Three new cases of COVID in Oklahoma, bringing the total to 7 in our state. 7. Today, there have been 432,793 confirmed cases in our state. In just one year it went from 7 to over 400,000 and close to 5,000 deaths. No, that number does not seem high compared to Oklahoma's population or even the amount of people who have tested positive. But as I have said before and will continue to say, EVERY. SINGLE. ONE. OF. THOSE. LIVES. MATTERED. Most of them could have even been prevented. Even if you haven't been directly affected, those people were someone's loved ones, their world, their everything. I had no idea what this year was going to bring and how much it was going to change my life. I don't think any of us did.

This just kind of added to an already difficult and emotional week for me. I have been missing my dad so much. I was able to look through some of his work things and get a glimpse of what he did everyday. Even though I knew what his job was, seeing his things gave me a little more insight to what his daily life away from home was like. That was comforting, but also extremely emotional seeing some of the things that were clearly so important to him like family pictures and cards that he kept that had been sent to him from us.

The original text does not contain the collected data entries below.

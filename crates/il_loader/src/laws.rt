//! Laws of images.

ghost use Rattle.std.specs.Prelude.{◌≡◌, ℕ, List, Ok};
ghost use Rattle.il_model.specs.Program.{Program};
ghost use Rattle.il_model.specs.Fits.{IsImage};
ghost use Rattle.il_loader.specs.Images.{IsWellFormed, Reading, AreBytes, ReadsImages};
ghost use Rattle.il_loader.specs.Judging.{image_of};

/// The programs that have an image, in that each part reads back from its code, are the well-formed ones.
pub fn know_well_formed()
    ensures image { (Q : Program) → IsWellFormed Q → IsImage Q }
    ensures well_formed { (Q : Program) → IsImage Q → IsWellFormed Q }
{}

/// To read bytes from left to right, as `load` does, is to read images: each program from its own, and none from other
/// bytes. Whatever reads images reads the same of bytes.
pub fn know_reading()
    ensures reads { ReadsImages image_of }
    ensures one { (reading other : Reading) → ReadsImages reading → ReadsImages other
        → (bytes : List ℕ) (Q : Program) → AreBytes bytes → reading bytes ≡ Ok Q → other bytes ≡ Ok Q }
{}
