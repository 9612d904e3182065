//! From a base on.

ghost use Rattle.std.specs.Prelude.{◌≡◌, IfOk, MatchOption};
ghost use Rattle.vr_pausing.specs.Bases.{IsNew, ResumesNone};
ghost use Rattle.vr_resumed.specs.Resuming.{GoesOn, IsNormally};

use crate::again::take_up_again;
use std::alloc::Global;
use vr_core::Core;
use vr_model::{Event, Log};
use vr_pausing::Marks;
use vr_replica::{Replica, StepFault};

/// A core that is normal, as a replica.
fn normally(core: Core) -> Replica
    ensures { IsNormally core result }
{
    Replica { core }
}

/// A core that took up nothing yet goes on as the replica of which these marks and this log are kept, and takes up
/// again what that took up since; none where the log's checkpoint can't be restored. It fails only where memory runs
/// out, or where an event is none that a replica takes up while it goes on.
pub fn resume(
    core: Core,
    alloc: Global,
    marks: &Marks,
    log: Log,
    events: Vec<Event>,
) -> Result<Option<Replica>, StepFault>
    requires new { IsNew core }
    ensures { IfOk result (λ resumed. MatchOption resumed (ResumesNone core marks.now log)
        (λ resumed. GoesOn core marks.now log events.items resumed)) }
{
    let Some(core) = vr_pausing::resume(core, alloc, marks, log)? else {
        return Ok(None);
    };
    let mut replica = normally(core);
    take_up_again(&mut replica, alloc, events)?;
    Ok(Some(replica))
}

Last week I was also able to get my second COVID vaccination. It was so bittersweet. I am so incredibly thankful that my family and I were able to receive the vaccination. I feel a little more comfortable hugging my mom and my other family members that I haven't gotten to hug or grieve with. However, I couldn't help but think it had only been 3 months since my dad passed away. 3 months. 3 more months and he could have been with us getting that vaccination. He would be here with my mom at their house and planning trips, playing with my boys, calling and texting us everyday, giving me one of his famous hugs when I'm having a horrible day. Calling just to tell me he loved me and was proud of me. I have thought a lot lately about how quickly things can change and how precious life is. Although right now I am stuck deep in grief, anger, sadness, and depression, I have tried to be intentional about making sure those I love know how I feel about them. My dad never let anything go unsaid and I want to be like that to my kids, husband, friends, and family.

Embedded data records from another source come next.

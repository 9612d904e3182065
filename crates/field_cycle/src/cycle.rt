//! The cycle of a field: what is due, and what is done with what comes.

ghost use Rattle.std.specs.Prelude.{◌≡◌, false};
ghost use Rattle.std.specs.List.{list_all};
ghost use Rattle.field_cycle.specs.Stations.{begins, has_outputs, is_passed, outputs_for, taken_outputs};
ghost use Rattle.field_cycle.specs.Stations.{HasSameOutputs, HasOldOutputs};

use crate::controller::{Controller, Rhythm};
use crate::link::{LinkFault, Moment};
use crate::notices::Change;
use crate::passage::Showing;
use crate::signs::Signs;
use crate::station::Station;
use field_map::FieldMap;
use modbus_wire::{Adu, Request};
use std::alloc::{AllocError, Global};
use std::net::SocketAddr;

/// One that there is a connection to.
#[derive(Clone, Copy)]
pub enum Who {
    Controller,
    /// The device with this number, counted from 0.
    Device(usize),
}

/// What is to be done.
#[derive(Drop)]
pub enum Action {
    /// A connection is to be made. It's told by `opened`, or by `failed`.
    Connect(Who, SocketAddr),
    /// A unit is to be sent.
    Send(Who, Adu),
    /// The connection is to be closed.
    Close(Who),
    /// Something changed.
    Tell(Who, Change),
}

/// A controller and its devices.
#[derive(Drop)]
pub struct Cycle {
    pub controller: Controller,
    pub stations: Vec<Station>,
    /// What the field says of itself.
    signs: Signs,
    /// So many cycles began.
    pub cycles: u64,
    /// From cycle to cycle.
    period: u64,
    /// When the next cycle begins.
    next: Moment,
    /// Whether rounds wait for the outputs of this cycle.
    waits: bool,
    /// Whether no cycle begins any more, and the outputs don't count as known.
    is_ending: bool,
}

/// Begins the round of a device, if it's due and can be asked: with the outputs, while the controller is fresh.
fn begin_round(station: &mut Station, controller: &Controller, now: Moment, is_ending: bool)
    ensures round { station.new.round ≡ begins station.old (outputs_for controller.now now is_ending) now }
    ensures has { station.new.has_outputs ≡ has_outputs station.old (outputs_for controller.now now is_ending) }
{
    if is_ending {
        station.begin(None, now);
    } else {
        station.begin(controller.outputs(now), now);
    }
}

/// The next request that hands something over.
fn next_hand(stations: &mut Vec<Station>) -> Option<Request> {
    for station in stations.iter_mut() {
        // Most have none, and to take an empty place costs as much as a request.
        if !station.hands.is_empty() {
            return station.hands.take();
        }
    }
    None
}

/// Whether a scan that had its inputs was released of each device, or it's lost.
fn are_passed(stations: &[Station]) -> bool
    ensures { result ≡ list_all is_passed stations.now }
{
    stations.iter().all(|s| s.is_passed())
}

/// The controller showed all of its outputs now: they are taken once a scan that had the inputs of each device was
/// released since there is a connection to it.
fn take_shown(controller: &mut Controller, stations: &[Station], now: Moment)
    ensures outputs { controller.new.outputs ≡ taken_outputs controller.old (list_all is_passed stations.now) }
    ensures unreleased { controller.new.is_released ≡ false → HasOldOutputs controller.old controller.new }
{
    let is_passed = are_passed(stations);
    controller.take(now, is_passed);
}

/// The inputs of each device went on, as far as the controller showed it.
fn step(stations: &mut Vec<Station>, showing: Showing) {
    for station in stations.iter_mut() {
        station.step(showing);
    }
}

/// The outputs that count are those that the controller showed now, or they aren't: each device may be written them, once
/// a scan that had its inputs was released.
fn admit(stations: &mut Vec<Station>, is_released: bool) {
    if !is_released {
        return;
    }
    for station in stations.iter_mut() {
        station.admit();
    }
}

/// The controller is told that inputs are real, where they are.
fn tell_ready(signs: &mut Signs, is_ready: bool) {
    if is_ready {
        signs.mark(true);
    }
}

impl Cycle {
    /// The cycle of a field. It begins at once.
    pub fn new(alloc: Global, map: FieldMap) -> Result<Cycle, AllocError> {
        let rhythm = Rhythm {
            timeout: u64::from(map.controller_timeout),
            fresh: u64::from(map.fresh),
            scan: u64::from(map.scan),
            scan_count: map.scan_count,
        };
        let FieldMap {
            controllers,
            cycle,
            beat,
            ready,
            devices,
            ..
        } = map;
        let mut stations = Vec::new(alloc);
        for device in devices {
            stations.push(Station::new(device))?;
        }
        Ok(Cycle {
            controller: Controller::new(controllers, rhythm),
            stations,
            signs: Signs::new(beat, ready),
            cycles: 0,
            period: u64::from(cycle),
            next: 0,
            waits: false,
            is_ending: false,
        })
    }

    /// Begins a cycle where one is due: the outputs are to be taken, and each device is to have a round.
    fn tick(&mut self, now: Moment)
        ensures { HasSameOutputs self.old.controller self.new.controller }
    {
        if now < self.next {
            return;
        }
        let next = self.next.saturating_add(self.period);
        self.next = if next > now {
            next
        } else {
            now.saturating_add(self.period)
        };
        self.waits = !self.waits && self.controller.link.is_up();
        self.controller.is_due = true;
        self.cycles = self.cycles.saturating_add(1);
        self.signs.beat();
        for station in self.stations.iter_mut() {
            station.tick();
        }
    }

    /// What is to be done now; none where nothing is, before `until`, or before something comes. What is known of the
    /// controller's outputs stays.
    pub fn act(&mut self, now: Moment) -> Option<Action>
        ensures { HasSameOutputs self.old.controller self.new.controller }
    {
        self.tick(now);
        if let Some(action) = self.act_controller(now) {
            return Some(action);
        }
        for place in 0..self.stations.len() {
            if self.is_quiet(place, now) {
                continue;
            }
            if let Some(action) = self.act_station(place, now) {
                return Some(action);
            }
        }
        // What a round that ended just now is to hand over.
        self.act_controller(now)
    }

    /// Whether nothing is to be done about a device before something comes: most are so at most moments.
    fn is_quiet(&self, place: usize, now: Moment) -> bool {
        match self.stations.get(place) {
            Some(station) => station.is_quiet(now) && !station.is_left(self.controller.is_lost()),
            None => true,
        }
    }

    /// What is to be done about the controller.
    fn act_controller(&mut self, now: Moment) -> Option<Action>
        ensures { HasSameOutputs self.old.controller self.new.controller }
    {
        let controller = &mut self.controller;
        if let Some(change) = controller.notices.take() {
            return Some(Action::Tell(Who::Controller, change));
        }
        if controller.link.is_late(now) {
            self.failed(Who::Controller, LinkFault::Timeout, now);
            return Some(Action::Close(Who::Controller));
        }
        if controller.link.is_due(now) {
            let address = controller.address()?;
            controller.link.connect(now);
            return Some(Action::Connect(Who::Controller, address));
        }
        if let Some(adu) = controller.send(now) {
            return Some(Action::Send(Who::Controller, adu));
        }
        if !controller.takes_hands() {
            return None;
        }
        let request = match self.signs.take() {
            Some(sign) => sign,
            None => next_hand(&mut self.stations)?,
        };
        let adu = controller.hand(request, now)?;
        Some(Action::Send(Who::Controller, adu))
    }

    /// What is to be done about a device. Nothing is asked of it while the controller is lost, once its outputs fell
    /// back: another field may write them then, beside another controller.
    fn act_station(&mut self, place: usize, now: Moment) -> Option<Action>
        ensures { HasSameOutputs self.old.controller self.new.controller }
    {
        let is_lost = self.controller.is_lost();
        let station = self.stations.get_mut(place)?;
        let who = Who::Device(place);
        if let Some(change) = station.notices.take() {
            return Some(Action::Tell(who, change));
        }
        if station.link.is_late(now) {
            if let Some(adu) = station.link.ask_again(now) {
                return Some(Action::Send(who, adu));
            }
            station.lose(LinkFault::Timeout, now);
            return Some(Action::Close(who));
        }
        if station.is_left(is_lost) {
            return if station.leave() {
                Some(Action::Close(who))
            } else {
                None
            };
        }
        if station.link.is_due(now) {
            station.link.connect(now);
            return Some(Action::Connect(who, station.device.address));
        }
        // At first rounds wait until it's known whether there are outputs.
        if !self.waits && self.controller.is_known() {
            begin_round(station, &self.controller, now, self.is_ending);
        }
        match station.send(now) {
            Some(unit) => Some(Action::Send(who, unit)),
            None => Some(Action::Tell(who, station.notices.take()?)),
        }
    }

    /// A connection is made. What is known of the controller's outputs stays.
    pub fn opened(&mut self, who: Who)
        ensures { HasSameOutputs self.old.controller self.new.controller }
    {
        match who {
            Who::Controller => {
                self.controller.open();
                self.signs.tell_anew();
                for station in self.stations.iter_mut() {
                    station.tell_anew();
                }
            }
            Who::Device(place) => {
                if let Some(station) = self.stations.get_mut(place) {
                    station.link.open();
                }
            }
        }
    }

    /// The controller showed all of its outputs: they are taken, and each device may be written them, once a scan that
    /// had the inputs of each was released.
    fn show(&mut self, now: Moment)
        ensures { self.new.controller.is_released ≡ false → HasOldOutputs self.old.controller self.new.controller }
    {
        let showing = self.controller.showing(now);
        step(&mut self.stations, showing);
        take_shown(&mut self.controller, self.stations.as_slice(), now);
        admit(&mut self.stations, self.controller.is_released);
        self.waits = false;
        let is_ready = !self.is_ending && self.stations.iter().all(|s| s.is_known_there());
        tell_ready(&mut self.signs, is_ready);
    }

    /// A unit came. False where the connection is to be closed. The controller's outputs stay as they were until a scan
    /// that had the inputs was released since there is a connection to it.
    pub fn came(&mut self, who: Who, adu: &Adu, now: Moment) -> bool
        ensures { self.new.controller.is_released ≡ false → HasOldOutputs self.old.controller self.new.controller }
    {
        let heard = match who {
            Who::Controller => self.controller.hear(adu),
            Who::Device(place) => match self.stations.get_mut(place) {
                Some(station) => match station.hear(adu, now) {
                    Ok(()) => Ok(false),
                    Err(fault) => Err(fault),
                },
                None => Ok(false),
            },
        };
        match heard {
            Ok(true) => self.show(now),
            Ok(false) => {}
            Err(fault) => self.failed(who, fault, now),
        }
        heard.is_ok()
    }

    /// A connection failed, or can't be made. What is known of the controller's outputs stays.
    pub fn failed(&mut self, who: Who, fault: LinkFault, now: Moment)
        ensures outputs { HasSameOutputs self.old.controller self.new.controller }
        ensures released { self.new.controller.is_released ≡ self.old.controller.is_released }
    {
        match who {
            Who::Controller => {
                self.controller.lose(fault, now);
                self.waits = false;
            }
            Who::Device(place) => {
                if let Some(station) = self.stations.get_mut(place) {
                    station.lose(fault, now);
                }
            }
        }
    }

    /// By when something is due, if nothing comes before.
    pub fn until(&self) -> Moment {
        let is_lost = self.controller.is_lost();
        let mut until = self.next;
        if !self.controller.link.is_idle() {
            until = until.min(self.controller.link.until);
        }
        for station in self.stations.iter() {
            if !station.link.is_idle() && !station.is_left(is_lost) {
                until = until.min(station.link.until);
            }
        }
        until
    }

    /// One round more for each device that answers, in which it's written what its writings fall back to, if it has
    /// outputs. The controller is told that inputs aren't real any more, and then that each device isn't asked, and
    /// its inputs are FALSE and 0.
    pub fn stop(&mut self) {
        self.next = Moment::MAX;
        self.waits = false;
        self.is_ending = true;
        self.signs.mark(false);
        for station in self.stations.iter_mut() {
            station.end();
        }
    }

    /// Whether each device was read and written the outputs, or is lost or left.
    pub fn is_carried(&self) -> bool {
        let is_lost = self.controller.is_lost();
        self.controller.is_known() && self.stations.iter().all(|s| s.is_carried(is_lost))
    }

    /// Whether each device had its round, or is lost or left, and all is handed over that can be.
    pub fn is_settled(&self) -> bool {
        let is_lost = self.controller.is_lost();
        let is_told = is_lost || (self.signs.is_empty() && self.controller.takes_hands());
        self.controller.is_known() && is_told && self.stations.iter().all(|s| s.is_settled(is_lost))
    }
}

This week and these thoughts kind of sent me down a rabbit hole of looking at pictures and videos and just thinking about what else has changed in the last year. I called my aunt at one point this week in the middle of a breakdown and I think she described it best when she said "we just feel cheated". Cheated out of what could have been. Cheated out of everyday activities that seemed insignificant at the time but mean the world to us now. Cheated out of the last year that we had with my dad that was from a distance to keep each other safe. I found this picture of our family on Thanksgiving of 2019.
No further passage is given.